Sequoyah German Shepherds
Von Datschiburg, a breeder in Port Colborn - Contact Us
Shiraz Farm German Shepherds | Upperville, VA 20184
Crooked Creek Ranch
Johnson-Haus German Shepherds, Frederick Maryland
Hektor Haus German Shepherds - Raleigh, NC
http://www.triadk9.com/index.htm
lhttp://www.summerwoodfarmnc.com/

Some of theses are close to where we live and some are not but I would prefer it to be close. 

Thanks


----------



## KZoppa (Aug 14, 2010)

As I said in your other thread, Johnson-Haus, Seqouyah, and Crooked Creek would be my choices.

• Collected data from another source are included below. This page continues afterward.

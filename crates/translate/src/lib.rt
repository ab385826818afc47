//! The least automaton of a formula, and the class count of each part.
//!
//! `specs/Exact.antt` says what the automaton of an operator is, `specs/Counting.antt` what is counted and which part
//! is the first over a limit. Each part is translated and minimised before the part that holds it.
#![tactic(auto)]

mod connectives;
mod counts;
mod fault;
mod joins;
mod laws;
mod least;
mod operands;
mod operation;
mod operators;
mod parts;
mod programs;
mod translating;

pub use connectives::{both, either, negate};
pub use counts::Counts;
pub use fault::TranslateFault;
pub use laws::laws_of_counts;
pub use translating::{Translated, translate};
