//! Why there is no automaton.
ghost use Rattle.std.specs.Prelude.{◌≡◌};
ghost use Rattle.translate.specs.declared.fault.TranslateFault.TheVariants as fault;

use bes_io::Memory;

/// Why there is no automaton.
#[derive(Clone, Copy, Debug, PartialEq, Eq)]
pub enum TranslateFault {
    /// The first part, counted from 1 and the whole coming last, that has more classes than the limit, and how many.
    TooMany { part: u64, count: u32 },
    /// Memory is out.
    Memory,
}

impl From<Memory> for TranslateFault {
    ghost from_gives = { λ _ e. e ≡ fault.Memory };

    fn from(_e: Memory) -> TranslateFault {
        TranslateFault::Memory
    }
}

Good dogs, nice people, knowledgable. I don't know the other breeders you listed. Crooked Creek would be my idea choice out of those three at this point but they're all good breeders. CCR sends several of their puppies to family homes to be active companions with excellent temperaments. So do the other breeders.


----------



## mehpenn (May 22, 2006)

I've dealt with Summer Wood Farms, they have nice dogs. The one time I visited there, they seemed to have an awful lot going on. I do like that they're registered with the state.


----------



## Sunflowers (Feb 17, 2012)

KZoppa said:


> As I said in your other thread, Johnson-Haus, Seqouyah, and Crooked Creek would be my choices. Good dogs, nice people, knowledgable. I don't know the other breeders you listed. Crooked Creek would be my idea choice out of those three at this point but they're all good breeders. CCR sends several of their puppies to family homes to be active companions with excellent temperaments. So do the other breeders.


OMG... I should not have looked at their site ! :wub:
Crooked Creek Ranch


----------



## KZoppa (Aug 14, 2010)

Sunflowers said:


> OMG... I should not have looked at their site ! :wub:
> Crooked Creek Ranch


 
lol Karen is a great person. Loves her dogs and is very proud of them. I'd love to someday have a pup out of their outside stud they use named Dollar. Gorgeous male bi-color.


----------